TERM may invest in inverse ETFs which would subject the fund to the risks of a short sales. The underlying ETF will incur a loss as a result of a short sale if the price of the security sold short increases in value between the date of the short sale and the date on which a fund purchases the security to replace the borrowed security. In a rising stock market, the underlying ETF’s short positions may significantly impact the ETF’s overall performance or cause it to sustain losses, particularly in a sharply rising market. The use of short sales may also cause the underlying ETF to have higher expenses than other funds.

The funds currently have fewer assets than larger funds, and like other relatively new funds, large inflows and outflows may impact a fund's market exposure for limited periods of time.

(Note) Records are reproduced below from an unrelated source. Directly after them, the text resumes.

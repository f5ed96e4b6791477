//! Checks the current value. First a pass over the value's bytes tests whether the value has the
//! type. If the pass is inconclusive, a search for the only mismatch starts at the value's first
//! byte. If the last values had one mismatch each, small values are searched before the pass.

ghost use Rattle.std.specs.Prelude.{ℕ, ◌<◌, length, IfSome};
ghost use Rattle.std.specs.Bool.{OnTrue};
ghost use Rattle.types_spec.specs.types.Table.{Table};
ghost use Rattle.marshal_spec.specs.format.Prefix.{IsPrefix};
ghost use Rattle.check_stream.specs.mismatch_theory.PassedBut.{values_at};
ghost use Rattle.check_stream.specs.checker.CheckerState.{needs_in, IsUnderway};
ghost use Rattle.check_stream.specs.mismatch_search.Find.{IsSought};
ghost use Rattle.check_stream.specs.mismatch_search.SearchTrail.{way_positions};
ghost use Rattle.check_stream.specs.chunk_check.Inspection.{HasRoomAfter};

use crate::checker::{PassStop, Passing, Words};
use crate::mismatch_search::{FoundMismatch, SearchEnd, Seeking};
use crate::truncated::truncated_len;
use base_data::model::Memory;
use marshal_codec::headers::{HeaderStep, parse};
use std::alloc::Global;
use types_table::type_table::TypeTable;

/// The result of the check on all bytes of the value so far.
#[derive(Clone, Copy)]
pub enum CheckResult {
    /// This many bytes are a value that has the type.
    Typed(usize),
    /// This many bytes are a value whose first fault is the mismatch that `missed` returns.
    Missed(usize),
    /// The bytes are a prefix of a value.
    More,
    /// The check cannot decide whether the value has the type.
    Inconclusive,
}

/// Returns true if the bytes are an incomplete header and no step of the reader refuses the bytes.
fn is_header_truncated(bytes: &[u8]) -> bool
    ensures { OnTrue result ((limit : ℕ) → IsPrefix limit bytes.now) }
{
    matches!(parse(bytes), Ok(HeaderStep::More(_)))
}

/// If an incomplete token follows the first `at` bytes, returns the maximum number of values that
/// may still be pending. The result depends on the data bytes that the header states (`stated`) and
/// on the remaining words. If the header leaves no room for the token, returns `None`.
fn room_after(stated: u64, words: Words, start: usize, at: usize, bytes: &[u8]) -> Option<u64>
    ensures { IfSome result (HasRoomAfter stated start at words.w32 words.w64 bytes.now) }
{
    if bytes.len() < at {
        return None;
    }
    let n = truncated_len(&bytes[at..], words.w32, words.w64)?;
    let taken = at.checked_sub(start)?;
    let room = stated.checked_sub(taken as u64)?;
    let others = room.checked_sub(n)?;
    others.checked_add(1)
}

/// If the pass ended before an incomplete token, returns true only if the bytes are a prefix of a
/// value. Subtracts the number of counted blocks from `left`.
fn is_prefix(passing: &Passing<'_>, left: &mut u64, bytes: &[u8]) -> bool
    ensures { OnTrue result ((table : Table) (limit : ℕ)
        → IsUnderway table limit bytes.now passing.now → 0 < length (needs_in passing.now.state)
        → IsPrefix limit bytes.now) }
{
    let words = passing.state.words;
    let room = room_after(passing.head.length, words, passing.start, passing.at, bytes);
    let Some(most) = room else {
        return false;
    };
    passing.state.positions.are_within(most, left)
}

/// If the search ended before an incomplete token, returns true only if the bytes are a prefix of a
/// value. Subtracts the number of counted blocks from `left`.
fn is_prefix_but(seeking: &Seeking<'_>, left: &mut u64, bytes: &[u8]) -> bool
    ensures { OnTrue result ((table : Table) (limit : ℕ)
        → IsSought table limit bytes.now seeking.now
        → 0 < values_at (way_positions seeking.now.finding.way)
        → IsPrefix limit bytes.now) }
{
    let words = seeking.finding.words;
    let room = room_after(seeking.head.length, words, seeking.start, seeking.at, bytes);
    let Some(most) = room else {
        return false;
    };
    seeking.are_within(most, left)
}

/// If `misses` is at least this number, a small value is searched before the pass.
const MISSES: u8 = 8;

/// A value is small if its header states at most this many data bytes.
const SMALL: u64 = 256;

/// Returns true if a reference begins at offset `at` (`CODE_SHARED8` to `CODE_SHARED64`).
fn is_reference(bytes: &[u8], at: usize) -> bool {
    at < bytes.len() && matches!(bytes[at], 0x04..=0x06 | 0x14)
}

/// The state of the check: the pass over the current value and, if the pass was inconclusive, the
/// search for the value's mismatch. `misses` counts the values with one mismatch. The count
/// restarts at 0 if a value has the type, or if a value was searched first without a result.
#[derive(Drop)]
pub struct Inspecting<'a> {
    pub begun: bool,
    pub passing: Passing<'a>,
    pub sought: bool,
    pub seeking: Seeking<'a>,
    pub misses: u8,
}

impl<'a> Inspecting<'a> {
    ghost use Rattle.std.specs.Prelude.{ℕ, ◌≡◌, List, false, None, Some, IfOk, MatchOption};
    ghost use Rattle.types_spec.specs.types.Table.{Table};
    ghost use Rattle.types_table.specs.type_table.Made.{table_of};
    ghost use Rattle.check_stream.specs.mismatch_search.Find.{IsSought};
    ghost use Rattle.check_stream.specs.chunk_check.Inspection.{IsInspecting, IsShown, missed_in};

    /// Creates a check that has read nothing, without allocating memory.
    pub fn new(alloc: Global) -> Inspecting<'a>
        ensures { (table : Table) (limit : ℕ) (bytes : List ℕ)
            → IsInspecting table limit bytes result }
    {
        Inspecting {
            begun: false,
            passing: Passing::new(alloc),
            sought: false,
            seeking: Seeking::new(alloc),
            misses: 0,
        }
    }

    /// Returns the mismatch that was found last, until the next search starts. The mismatch belongs
    /// to the value that was checked last only if the result was `Missed`.
    pub fn missed(&self) -> Option<&FoundMismatch>
        ensures { MatchOption result (missed_in self.now ≡ None)
            (λ found. missed_in self.now ≡ Some found.now) }
    {
        self.seeking.finding.found.as_ref()
    }

    /// Returns true if the search of the current value found a mismatch.
    pub fn found_mismatch(&self) -> bool {
        self.sought && self.seeking.finding.found.is_some()
    }

    /// Starts the next check at the first byte of a value. The memory and the last mismatch are
    /// kept.
    pub fn restart(&mut self)
        ensures inspecting { (table : Table) (limit : ℕ) (bytes : List ℕ)
            → IsInspecting table limit bytes self.new }
        ensures unsought { self.new.sought ≡ false }
        ensures held { missed_in self.new ≡ missed_in self.old }
    {
        self.begun = false;
        self.sought = false;
    }

    /// Starts the next check at the first byte of a value. The memory of the search and the last
    /// mismatch are released.
    pub fn forget(&mut self, alloc: Global)
        ensures { (table : Table) (limit : ℕ) (bytes : List ℕ)
            → IsInspecting table limit bytes self.new }
    {
        self.seeking = Seeking::new(alloc);
        self.restart();
    }

    /// Checks the value at the start of the bytes, from the offset that the last call reached. If
    /// memory runs out, fails with `Memory`.
    pub fn inspect(
        &mut self,
        alloc: Global,
        table: &'a TypeTable,
        limit: u64,
        bytes: &[u8],
    ) -> Result<CheckResult, Memory>
        requires inspecting { IsInspecting (table_of table.now) limit bytes.now self.old }
        ensures { IfOk result (IsShown (table_of table.now) limit bytes.now self.new) }
    {
        if self.sought {
            return self.seek(alloc, table, limit, bytes);
        }
        if self.misses >= MISSES {
            let shown = self.search(alloc, table, limit, bytes, SMALL)?;
            if matches!(shown, CheckResult::Missed(_)) {
                return Ok(shown);
            }
            self.misses = 0;
            self.restart();
        }
        self.pass(alloc, table, limit, bytes)
    }

    /// Starts or continues the pass. If the pass is inconclusive, starts the search. If the pass is
    /// inconclusive at a reference, no search starts, because a search would rarely decide more.
    fn pass(
        &mut self,
        alloc: Global,
        table: &'a TypeTable,
        limit: u64,
        bytes: &[u8],
    ) -> Result<CheckResult, Memory>
        requires inspecting { IsInspecting (table_of table.now) limit bytes.now self.old }
        requires unsought { self.old.sought ≡ false }
        ensures { IfOk result (IsShown (table_of table.now) limit bytes.now self.new) }
    {
        if !self.begun {
            if !self.passing.begin(bytes, limit)? {
                if is_header_truncated(bytes) {
                    return Ok(CheckResult::More);
                }
                return Ok(CheckResult::Inconclusive);
            }
            self.begun = true;
        }
        match self.passing.go(table, limit, bytes)? {
            PassStop::Typed(n) => {
                self.misses = 0;
                Ok(CheckResult::Typed(n))
            }
            PassStop::Truncated(_) => {
                let mut left = self.passing.left;
                let is_prefix = is_prefix(&self.passing, &mut left, bytes);
                self.passing.left = left;
                if is_prefix {
                    Ok(CheckResult::More)
                } else {
                    Ok(CheckResult::Inconclusive)
                }
            }
            PassStop::Inconclusive(at) => {
                if is_reference(bytes, at) {
                    return Ok(CheckResult::Inconclusive);
                }
                self.search(alloc, table, limit, bytes, u64::MAX)
            }
        }
    }

    /// If the value's header states at most `most` data bytes, starts the search at the first byte
    /// of the value.
    fn search(
        &mut self,
        alloc: Global,
        table: &'a TypeTable,
        limit: u64,
        bytes: &[u8],
        most: u64,
    ) -> Result<CheckResult, Memory>
        ensures { IfOk result (IsShown (table_of table.now) limit bytes.now self.new) }
    {
        if !self.seeking.begin(bytes, limit)? || self.seeking.head.length > most {
            return Ok(CheckResult::Inconclusive);
        }
        self.seek(alloc, table, limit, bytes)
    }

    /// Continues the search. If the search needs more bytes, releases the memory of the pass.
    fn seek(
        &mut self,
        alloc: Global,
        table: &'a TypeTable,
        limit: u64,
        bytes: &[u8],
    ) -> Result<CheckResult, Memory>
        requires sought { IsSought (table_of table.now) limit bytes.now self.old.seeking }
        ensures { IfOk result (IsShown (table_of table.now) limit bytes.now self.new) }
    {
        self.begun = false;
        self.sought = true;
        match self.seeking.go(alloc, table, limit, bytes)? {
            SearchEnd::Found(n) => {
                let Some(found) = &self.seeking.finding.found else {
                    return Ok(CheckResult::Inconclusive);
                };
                if found.ty >= table.count() {
                    return Ok(CheckResult::Inconclusive);
                }
                self.misses = self.misses.saturating_add(1);
                Ok(CheckResult::Missed(n))
            }
            SearchEnd::Truncated => {
                let mut left = self.seeking.left;
                let is_prefix = is_prefix_but(&self.seeking, &mut left, bytes);
                self.seeking.left = left;
                if !is_prefix {
                    return Ok(CheckResult::Inconclusive);
                }
                self.passing = Passing::new(alloc);
                Ok(CheckResult::More)
            }
            SearchEnd::Inconclusive => Ok(CheckResult::Inconclusive),
        }
    }
}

The funds are classified as "non-diversified" and may invest a relatively high percentage of their assets in a limited number of issuers. As a result, the funds may be more susceptible to a single adverse economic or regulatory occurrence affecting one or more of these issuers, experience increased volatility and be highly concentrated in certain issuers.

First Trust Advisors L.P. is the adviser to the funds. First Trust Advisors L.P. is an affiliate of First Trust Portfolios L.P., the funds’ distributor.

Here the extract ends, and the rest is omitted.